◆ **Work to complete**
In the listing below, find each line with the string "SWAPPED" and return it.
*** Opening of Dataset excerpts ***
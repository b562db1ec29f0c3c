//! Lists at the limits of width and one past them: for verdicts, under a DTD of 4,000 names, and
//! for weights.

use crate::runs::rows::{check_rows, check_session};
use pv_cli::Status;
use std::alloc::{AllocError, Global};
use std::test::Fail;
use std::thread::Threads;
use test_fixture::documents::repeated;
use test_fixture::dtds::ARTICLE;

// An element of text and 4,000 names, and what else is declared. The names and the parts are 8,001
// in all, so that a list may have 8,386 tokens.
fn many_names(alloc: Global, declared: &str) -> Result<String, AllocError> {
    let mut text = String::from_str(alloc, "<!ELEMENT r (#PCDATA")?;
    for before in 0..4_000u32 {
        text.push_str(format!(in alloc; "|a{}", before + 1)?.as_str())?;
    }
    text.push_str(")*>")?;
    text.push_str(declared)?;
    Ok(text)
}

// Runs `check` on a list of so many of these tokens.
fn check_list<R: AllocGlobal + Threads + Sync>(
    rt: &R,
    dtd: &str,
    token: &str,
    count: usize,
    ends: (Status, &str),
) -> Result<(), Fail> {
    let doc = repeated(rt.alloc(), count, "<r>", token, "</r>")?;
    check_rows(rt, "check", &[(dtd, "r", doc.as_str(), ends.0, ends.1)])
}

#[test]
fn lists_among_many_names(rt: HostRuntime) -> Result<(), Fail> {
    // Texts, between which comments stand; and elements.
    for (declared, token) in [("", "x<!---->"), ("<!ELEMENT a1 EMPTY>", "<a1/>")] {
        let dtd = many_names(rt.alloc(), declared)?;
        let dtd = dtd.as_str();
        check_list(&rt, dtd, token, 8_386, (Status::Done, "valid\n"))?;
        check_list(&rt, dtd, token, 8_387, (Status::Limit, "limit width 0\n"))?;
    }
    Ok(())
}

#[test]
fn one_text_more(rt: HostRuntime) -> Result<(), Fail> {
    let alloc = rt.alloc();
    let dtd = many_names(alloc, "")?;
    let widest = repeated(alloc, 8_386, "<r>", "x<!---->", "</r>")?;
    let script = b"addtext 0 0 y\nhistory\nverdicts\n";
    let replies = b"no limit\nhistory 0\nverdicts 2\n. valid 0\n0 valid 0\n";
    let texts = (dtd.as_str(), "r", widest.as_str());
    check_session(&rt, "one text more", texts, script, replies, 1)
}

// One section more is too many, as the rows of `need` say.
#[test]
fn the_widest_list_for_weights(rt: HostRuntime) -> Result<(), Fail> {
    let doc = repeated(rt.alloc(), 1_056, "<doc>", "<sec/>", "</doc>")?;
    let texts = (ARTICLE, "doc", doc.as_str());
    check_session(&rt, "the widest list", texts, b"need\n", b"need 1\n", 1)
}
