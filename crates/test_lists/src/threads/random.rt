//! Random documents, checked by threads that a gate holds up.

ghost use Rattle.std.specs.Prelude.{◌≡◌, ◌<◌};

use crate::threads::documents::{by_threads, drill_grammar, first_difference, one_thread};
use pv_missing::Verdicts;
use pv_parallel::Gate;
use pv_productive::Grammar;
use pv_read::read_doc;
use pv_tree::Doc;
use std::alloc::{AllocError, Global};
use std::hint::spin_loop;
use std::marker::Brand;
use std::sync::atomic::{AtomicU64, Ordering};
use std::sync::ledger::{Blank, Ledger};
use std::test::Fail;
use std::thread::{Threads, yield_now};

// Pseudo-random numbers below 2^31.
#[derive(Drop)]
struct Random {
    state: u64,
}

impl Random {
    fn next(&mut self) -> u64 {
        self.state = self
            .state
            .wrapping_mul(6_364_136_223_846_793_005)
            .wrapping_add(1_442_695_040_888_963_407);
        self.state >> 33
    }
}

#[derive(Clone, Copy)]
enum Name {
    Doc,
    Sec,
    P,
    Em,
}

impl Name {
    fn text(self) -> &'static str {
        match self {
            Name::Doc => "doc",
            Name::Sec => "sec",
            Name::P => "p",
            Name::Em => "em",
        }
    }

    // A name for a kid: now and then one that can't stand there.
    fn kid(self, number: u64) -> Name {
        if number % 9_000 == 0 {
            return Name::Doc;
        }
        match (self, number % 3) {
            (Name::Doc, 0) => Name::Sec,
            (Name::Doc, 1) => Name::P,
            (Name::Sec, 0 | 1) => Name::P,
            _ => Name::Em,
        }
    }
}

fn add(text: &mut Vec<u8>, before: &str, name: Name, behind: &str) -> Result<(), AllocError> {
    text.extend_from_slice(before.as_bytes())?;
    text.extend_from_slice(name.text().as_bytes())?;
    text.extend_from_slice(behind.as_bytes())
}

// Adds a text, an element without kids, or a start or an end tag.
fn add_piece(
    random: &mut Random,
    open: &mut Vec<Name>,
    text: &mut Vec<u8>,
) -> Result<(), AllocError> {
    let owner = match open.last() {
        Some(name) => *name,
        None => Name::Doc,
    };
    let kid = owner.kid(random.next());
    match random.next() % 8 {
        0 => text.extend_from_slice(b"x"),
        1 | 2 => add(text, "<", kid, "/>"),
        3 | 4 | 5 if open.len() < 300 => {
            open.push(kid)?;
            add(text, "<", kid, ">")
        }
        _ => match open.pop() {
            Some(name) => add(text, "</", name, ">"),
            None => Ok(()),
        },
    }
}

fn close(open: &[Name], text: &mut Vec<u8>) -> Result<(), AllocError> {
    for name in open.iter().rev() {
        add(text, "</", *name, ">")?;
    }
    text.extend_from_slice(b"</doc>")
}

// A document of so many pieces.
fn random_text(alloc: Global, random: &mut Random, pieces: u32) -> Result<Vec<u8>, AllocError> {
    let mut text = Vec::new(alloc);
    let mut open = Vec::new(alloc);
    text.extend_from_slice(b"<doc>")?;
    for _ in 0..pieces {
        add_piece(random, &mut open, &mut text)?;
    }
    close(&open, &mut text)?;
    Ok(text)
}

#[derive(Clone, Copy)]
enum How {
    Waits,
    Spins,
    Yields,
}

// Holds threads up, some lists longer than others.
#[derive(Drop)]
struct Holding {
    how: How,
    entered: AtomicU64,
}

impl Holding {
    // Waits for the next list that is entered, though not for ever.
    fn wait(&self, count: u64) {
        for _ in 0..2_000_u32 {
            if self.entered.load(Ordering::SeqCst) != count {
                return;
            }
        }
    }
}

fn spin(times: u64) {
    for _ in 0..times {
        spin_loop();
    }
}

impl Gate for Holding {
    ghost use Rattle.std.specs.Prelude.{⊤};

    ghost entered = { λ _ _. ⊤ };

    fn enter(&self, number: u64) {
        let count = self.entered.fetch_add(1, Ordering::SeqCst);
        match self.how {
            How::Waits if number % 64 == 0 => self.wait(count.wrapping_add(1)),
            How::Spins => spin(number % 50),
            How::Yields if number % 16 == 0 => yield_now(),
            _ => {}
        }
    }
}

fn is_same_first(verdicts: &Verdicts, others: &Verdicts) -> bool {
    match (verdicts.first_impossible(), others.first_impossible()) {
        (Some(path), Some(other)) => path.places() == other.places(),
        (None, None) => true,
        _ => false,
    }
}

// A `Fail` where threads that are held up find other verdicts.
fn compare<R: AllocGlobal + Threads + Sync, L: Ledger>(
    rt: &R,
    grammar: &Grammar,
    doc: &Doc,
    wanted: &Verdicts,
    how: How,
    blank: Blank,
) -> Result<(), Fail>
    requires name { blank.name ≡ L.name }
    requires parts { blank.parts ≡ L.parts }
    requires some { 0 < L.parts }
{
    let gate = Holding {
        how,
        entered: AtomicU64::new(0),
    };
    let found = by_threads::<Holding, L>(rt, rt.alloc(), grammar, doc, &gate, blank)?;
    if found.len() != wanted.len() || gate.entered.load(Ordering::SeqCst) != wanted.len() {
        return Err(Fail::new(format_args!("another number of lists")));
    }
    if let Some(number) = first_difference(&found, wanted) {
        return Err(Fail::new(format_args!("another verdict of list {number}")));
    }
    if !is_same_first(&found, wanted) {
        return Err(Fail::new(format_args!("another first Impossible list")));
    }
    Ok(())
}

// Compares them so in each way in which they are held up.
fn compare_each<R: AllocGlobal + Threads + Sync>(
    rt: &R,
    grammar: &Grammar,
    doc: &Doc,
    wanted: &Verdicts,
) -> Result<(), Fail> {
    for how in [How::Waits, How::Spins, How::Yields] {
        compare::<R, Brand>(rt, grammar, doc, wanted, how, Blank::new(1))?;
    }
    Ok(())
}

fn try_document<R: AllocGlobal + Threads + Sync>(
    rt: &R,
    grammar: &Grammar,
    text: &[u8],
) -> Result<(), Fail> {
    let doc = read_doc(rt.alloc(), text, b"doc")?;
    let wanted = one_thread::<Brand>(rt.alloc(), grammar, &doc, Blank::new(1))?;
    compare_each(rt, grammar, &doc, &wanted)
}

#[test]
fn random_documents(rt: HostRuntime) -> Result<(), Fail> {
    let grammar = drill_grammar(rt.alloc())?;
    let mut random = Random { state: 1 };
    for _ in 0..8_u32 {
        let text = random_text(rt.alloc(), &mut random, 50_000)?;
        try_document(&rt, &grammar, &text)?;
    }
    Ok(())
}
*** Close of Dataset excerpts ***
*** Opening of Dataset excerpts ***
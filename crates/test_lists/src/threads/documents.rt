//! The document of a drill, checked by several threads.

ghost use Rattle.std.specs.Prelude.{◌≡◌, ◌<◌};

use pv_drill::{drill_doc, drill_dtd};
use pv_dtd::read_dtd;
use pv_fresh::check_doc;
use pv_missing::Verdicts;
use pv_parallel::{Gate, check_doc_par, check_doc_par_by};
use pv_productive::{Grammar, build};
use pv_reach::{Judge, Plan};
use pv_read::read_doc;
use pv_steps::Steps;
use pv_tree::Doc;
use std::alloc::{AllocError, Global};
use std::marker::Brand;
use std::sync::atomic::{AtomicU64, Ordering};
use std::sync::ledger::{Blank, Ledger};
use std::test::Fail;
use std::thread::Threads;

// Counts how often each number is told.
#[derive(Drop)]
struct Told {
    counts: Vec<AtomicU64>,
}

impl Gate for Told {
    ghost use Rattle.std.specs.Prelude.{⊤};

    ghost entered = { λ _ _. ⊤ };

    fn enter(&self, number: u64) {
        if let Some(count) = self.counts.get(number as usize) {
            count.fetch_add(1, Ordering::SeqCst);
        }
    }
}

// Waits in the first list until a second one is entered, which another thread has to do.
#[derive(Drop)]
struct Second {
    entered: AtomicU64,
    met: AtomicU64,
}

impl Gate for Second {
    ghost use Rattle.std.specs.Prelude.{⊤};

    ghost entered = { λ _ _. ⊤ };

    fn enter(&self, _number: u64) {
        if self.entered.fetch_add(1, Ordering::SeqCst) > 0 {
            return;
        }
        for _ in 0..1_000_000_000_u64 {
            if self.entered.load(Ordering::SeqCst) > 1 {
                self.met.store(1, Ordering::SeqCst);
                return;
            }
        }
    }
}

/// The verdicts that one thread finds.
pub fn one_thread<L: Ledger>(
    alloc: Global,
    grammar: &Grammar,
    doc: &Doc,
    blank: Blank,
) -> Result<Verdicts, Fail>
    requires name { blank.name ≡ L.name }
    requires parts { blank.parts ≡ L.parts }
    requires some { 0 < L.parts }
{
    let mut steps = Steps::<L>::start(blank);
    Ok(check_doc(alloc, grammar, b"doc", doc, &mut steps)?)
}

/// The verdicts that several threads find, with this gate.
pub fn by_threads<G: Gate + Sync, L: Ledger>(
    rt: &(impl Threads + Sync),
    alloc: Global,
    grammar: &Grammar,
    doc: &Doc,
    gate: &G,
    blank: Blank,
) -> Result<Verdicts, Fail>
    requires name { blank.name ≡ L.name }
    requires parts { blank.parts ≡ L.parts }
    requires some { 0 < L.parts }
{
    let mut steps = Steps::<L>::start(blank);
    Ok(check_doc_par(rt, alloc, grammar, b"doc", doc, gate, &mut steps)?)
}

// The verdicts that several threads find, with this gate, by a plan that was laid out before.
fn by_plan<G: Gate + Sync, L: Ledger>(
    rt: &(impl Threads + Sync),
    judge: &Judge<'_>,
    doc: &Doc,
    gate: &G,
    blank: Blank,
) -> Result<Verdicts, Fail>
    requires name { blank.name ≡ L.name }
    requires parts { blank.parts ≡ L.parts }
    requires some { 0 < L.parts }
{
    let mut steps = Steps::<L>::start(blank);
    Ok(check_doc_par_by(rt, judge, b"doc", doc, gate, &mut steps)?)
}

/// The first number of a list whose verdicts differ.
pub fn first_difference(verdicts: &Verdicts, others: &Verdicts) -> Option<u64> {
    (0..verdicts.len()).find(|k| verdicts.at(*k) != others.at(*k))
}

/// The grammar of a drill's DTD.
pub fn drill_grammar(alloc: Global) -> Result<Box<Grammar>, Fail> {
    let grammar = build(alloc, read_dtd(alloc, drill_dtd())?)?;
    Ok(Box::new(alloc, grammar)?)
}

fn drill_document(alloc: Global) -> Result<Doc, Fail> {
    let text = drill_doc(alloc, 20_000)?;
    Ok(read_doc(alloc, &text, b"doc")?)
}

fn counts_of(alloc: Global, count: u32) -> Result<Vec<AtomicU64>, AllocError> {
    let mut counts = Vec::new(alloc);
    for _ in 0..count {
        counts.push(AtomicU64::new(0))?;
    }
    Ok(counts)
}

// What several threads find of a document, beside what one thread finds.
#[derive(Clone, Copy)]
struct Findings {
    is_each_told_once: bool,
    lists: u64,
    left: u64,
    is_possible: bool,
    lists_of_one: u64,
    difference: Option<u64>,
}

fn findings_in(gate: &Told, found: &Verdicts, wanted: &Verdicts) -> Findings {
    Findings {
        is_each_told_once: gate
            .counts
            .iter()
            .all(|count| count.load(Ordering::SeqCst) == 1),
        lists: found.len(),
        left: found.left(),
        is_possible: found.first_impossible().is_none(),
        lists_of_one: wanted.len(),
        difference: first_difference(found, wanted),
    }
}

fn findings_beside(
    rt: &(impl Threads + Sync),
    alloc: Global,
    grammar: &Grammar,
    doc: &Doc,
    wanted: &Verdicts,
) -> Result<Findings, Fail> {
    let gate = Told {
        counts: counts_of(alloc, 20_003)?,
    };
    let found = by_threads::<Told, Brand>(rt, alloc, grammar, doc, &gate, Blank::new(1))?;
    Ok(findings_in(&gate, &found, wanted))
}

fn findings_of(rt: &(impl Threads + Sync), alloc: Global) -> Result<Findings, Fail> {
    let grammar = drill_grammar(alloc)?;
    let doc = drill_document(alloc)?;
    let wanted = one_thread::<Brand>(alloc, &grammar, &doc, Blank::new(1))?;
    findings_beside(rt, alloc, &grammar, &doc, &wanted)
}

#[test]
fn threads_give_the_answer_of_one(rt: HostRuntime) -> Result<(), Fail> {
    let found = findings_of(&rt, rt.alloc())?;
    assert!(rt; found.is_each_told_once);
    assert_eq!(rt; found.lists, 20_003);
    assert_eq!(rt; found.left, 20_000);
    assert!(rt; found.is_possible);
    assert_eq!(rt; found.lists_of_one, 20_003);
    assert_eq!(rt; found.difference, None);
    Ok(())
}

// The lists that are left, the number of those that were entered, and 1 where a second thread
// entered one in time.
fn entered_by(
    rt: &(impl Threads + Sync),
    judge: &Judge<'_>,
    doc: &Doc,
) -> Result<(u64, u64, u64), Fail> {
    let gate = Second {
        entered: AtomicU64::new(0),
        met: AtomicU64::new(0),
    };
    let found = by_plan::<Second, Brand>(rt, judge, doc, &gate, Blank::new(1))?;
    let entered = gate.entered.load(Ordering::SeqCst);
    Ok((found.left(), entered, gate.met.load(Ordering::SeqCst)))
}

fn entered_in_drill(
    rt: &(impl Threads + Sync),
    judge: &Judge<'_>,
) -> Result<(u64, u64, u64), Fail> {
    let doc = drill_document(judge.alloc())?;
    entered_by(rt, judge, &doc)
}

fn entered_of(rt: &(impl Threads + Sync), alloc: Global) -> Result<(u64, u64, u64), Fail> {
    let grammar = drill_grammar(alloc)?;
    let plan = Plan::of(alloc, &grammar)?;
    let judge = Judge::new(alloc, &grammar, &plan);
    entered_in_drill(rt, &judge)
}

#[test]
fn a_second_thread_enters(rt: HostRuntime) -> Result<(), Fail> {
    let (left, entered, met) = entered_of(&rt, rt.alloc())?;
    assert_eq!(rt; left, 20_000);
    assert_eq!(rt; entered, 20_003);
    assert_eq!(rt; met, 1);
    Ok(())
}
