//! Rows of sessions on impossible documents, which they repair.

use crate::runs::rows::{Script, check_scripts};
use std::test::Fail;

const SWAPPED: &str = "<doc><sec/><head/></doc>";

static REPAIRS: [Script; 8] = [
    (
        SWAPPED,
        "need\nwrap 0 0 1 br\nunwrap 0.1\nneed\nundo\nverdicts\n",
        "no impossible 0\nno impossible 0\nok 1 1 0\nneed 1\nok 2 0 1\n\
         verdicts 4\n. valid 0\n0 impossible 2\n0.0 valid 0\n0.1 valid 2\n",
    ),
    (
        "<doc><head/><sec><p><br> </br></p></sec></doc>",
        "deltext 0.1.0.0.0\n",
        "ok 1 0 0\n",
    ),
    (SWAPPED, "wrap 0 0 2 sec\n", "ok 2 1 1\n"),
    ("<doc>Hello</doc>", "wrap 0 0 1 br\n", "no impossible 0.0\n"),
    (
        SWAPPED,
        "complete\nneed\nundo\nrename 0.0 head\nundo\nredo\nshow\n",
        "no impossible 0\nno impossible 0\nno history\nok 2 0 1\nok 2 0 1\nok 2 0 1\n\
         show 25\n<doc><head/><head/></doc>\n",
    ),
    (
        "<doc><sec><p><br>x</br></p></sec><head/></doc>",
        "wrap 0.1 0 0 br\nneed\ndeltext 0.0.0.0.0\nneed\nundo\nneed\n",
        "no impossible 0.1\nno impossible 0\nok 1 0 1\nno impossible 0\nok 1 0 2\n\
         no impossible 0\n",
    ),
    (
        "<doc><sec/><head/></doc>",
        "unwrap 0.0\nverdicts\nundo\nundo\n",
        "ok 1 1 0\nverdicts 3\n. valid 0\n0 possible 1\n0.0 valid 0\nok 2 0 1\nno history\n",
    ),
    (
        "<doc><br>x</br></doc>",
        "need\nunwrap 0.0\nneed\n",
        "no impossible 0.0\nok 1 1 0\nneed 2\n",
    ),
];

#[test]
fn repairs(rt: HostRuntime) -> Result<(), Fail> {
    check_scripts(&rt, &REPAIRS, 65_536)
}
*** Close of Dataset excerpts ***
*** Opening of Dataset excerpts ***
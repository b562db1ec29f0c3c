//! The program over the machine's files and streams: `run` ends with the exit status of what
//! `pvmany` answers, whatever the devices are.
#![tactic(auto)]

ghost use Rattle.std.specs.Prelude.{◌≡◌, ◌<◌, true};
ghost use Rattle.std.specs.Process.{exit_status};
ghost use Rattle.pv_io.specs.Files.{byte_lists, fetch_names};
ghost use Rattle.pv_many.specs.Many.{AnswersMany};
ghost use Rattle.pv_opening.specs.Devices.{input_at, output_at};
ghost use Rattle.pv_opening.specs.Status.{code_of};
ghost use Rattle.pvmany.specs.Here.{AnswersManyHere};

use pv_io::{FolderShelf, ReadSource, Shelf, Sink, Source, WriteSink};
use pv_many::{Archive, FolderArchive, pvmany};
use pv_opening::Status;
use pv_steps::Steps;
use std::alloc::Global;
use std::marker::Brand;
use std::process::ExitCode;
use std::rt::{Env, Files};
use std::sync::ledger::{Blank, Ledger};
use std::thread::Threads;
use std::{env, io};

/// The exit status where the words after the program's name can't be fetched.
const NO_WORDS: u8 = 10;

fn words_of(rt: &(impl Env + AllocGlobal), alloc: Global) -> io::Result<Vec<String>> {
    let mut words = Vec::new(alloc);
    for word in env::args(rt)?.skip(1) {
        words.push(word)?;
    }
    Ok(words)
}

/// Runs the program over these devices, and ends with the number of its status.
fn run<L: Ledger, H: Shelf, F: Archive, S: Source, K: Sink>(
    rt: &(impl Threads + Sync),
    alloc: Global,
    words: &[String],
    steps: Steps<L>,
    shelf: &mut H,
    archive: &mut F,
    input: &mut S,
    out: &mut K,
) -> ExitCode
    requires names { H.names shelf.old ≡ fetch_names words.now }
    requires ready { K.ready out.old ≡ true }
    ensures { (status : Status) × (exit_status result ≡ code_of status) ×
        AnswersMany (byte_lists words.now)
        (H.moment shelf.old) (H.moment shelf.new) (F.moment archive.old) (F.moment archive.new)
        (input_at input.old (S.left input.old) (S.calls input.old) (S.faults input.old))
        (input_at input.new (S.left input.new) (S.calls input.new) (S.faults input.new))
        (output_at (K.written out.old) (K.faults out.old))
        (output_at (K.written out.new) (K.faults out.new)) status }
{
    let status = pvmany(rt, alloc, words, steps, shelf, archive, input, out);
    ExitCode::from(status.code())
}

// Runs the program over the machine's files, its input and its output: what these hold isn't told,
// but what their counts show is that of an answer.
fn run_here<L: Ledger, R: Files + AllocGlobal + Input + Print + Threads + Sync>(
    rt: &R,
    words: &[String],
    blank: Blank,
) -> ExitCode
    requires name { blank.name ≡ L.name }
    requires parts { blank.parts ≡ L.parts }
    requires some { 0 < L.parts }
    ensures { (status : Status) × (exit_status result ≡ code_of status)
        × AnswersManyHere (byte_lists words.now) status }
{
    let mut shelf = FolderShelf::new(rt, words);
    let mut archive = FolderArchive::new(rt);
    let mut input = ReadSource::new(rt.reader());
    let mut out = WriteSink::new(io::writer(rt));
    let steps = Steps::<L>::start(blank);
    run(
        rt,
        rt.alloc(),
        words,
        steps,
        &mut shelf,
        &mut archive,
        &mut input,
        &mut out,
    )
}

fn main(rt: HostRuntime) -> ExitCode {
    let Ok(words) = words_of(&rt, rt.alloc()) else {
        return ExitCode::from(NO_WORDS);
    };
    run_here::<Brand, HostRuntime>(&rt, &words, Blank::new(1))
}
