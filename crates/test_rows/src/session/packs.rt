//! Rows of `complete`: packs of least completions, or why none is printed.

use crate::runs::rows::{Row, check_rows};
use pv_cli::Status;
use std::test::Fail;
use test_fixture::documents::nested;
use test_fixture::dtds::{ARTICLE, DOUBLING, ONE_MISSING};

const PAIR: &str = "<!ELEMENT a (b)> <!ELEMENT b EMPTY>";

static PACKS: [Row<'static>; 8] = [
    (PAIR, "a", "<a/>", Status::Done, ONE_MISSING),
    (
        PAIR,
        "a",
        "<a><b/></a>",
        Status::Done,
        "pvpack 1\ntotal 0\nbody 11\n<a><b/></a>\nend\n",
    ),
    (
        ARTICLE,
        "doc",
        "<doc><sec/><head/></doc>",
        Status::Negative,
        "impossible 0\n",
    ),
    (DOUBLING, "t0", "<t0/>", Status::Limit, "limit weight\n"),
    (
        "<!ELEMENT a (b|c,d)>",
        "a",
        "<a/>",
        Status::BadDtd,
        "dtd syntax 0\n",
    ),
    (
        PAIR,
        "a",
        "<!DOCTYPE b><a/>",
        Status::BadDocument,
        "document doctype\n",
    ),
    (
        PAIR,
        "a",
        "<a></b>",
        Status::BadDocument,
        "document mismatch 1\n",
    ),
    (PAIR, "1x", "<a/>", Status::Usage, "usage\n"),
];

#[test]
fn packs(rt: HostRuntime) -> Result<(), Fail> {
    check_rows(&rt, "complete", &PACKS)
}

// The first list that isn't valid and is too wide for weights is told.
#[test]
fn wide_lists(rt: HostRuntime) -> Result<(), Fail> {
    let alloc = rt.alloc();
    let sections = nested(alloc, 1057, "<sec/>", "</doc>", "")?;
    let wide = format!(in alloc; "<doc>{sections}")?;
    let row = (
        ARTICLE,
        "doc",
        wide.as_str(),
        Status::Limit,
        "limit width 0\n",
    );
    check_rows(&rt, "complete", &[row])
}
*** Close of Dataset excerpts ***
◆ **Solution**
const SWAPPED: &str = "<doc><sec/><head/></doc>";
        SWAPPED,
    (SWAPPED, "wrap 0 0 2 sec\n", "ok 2 1 1\n"),
        SWAPPED,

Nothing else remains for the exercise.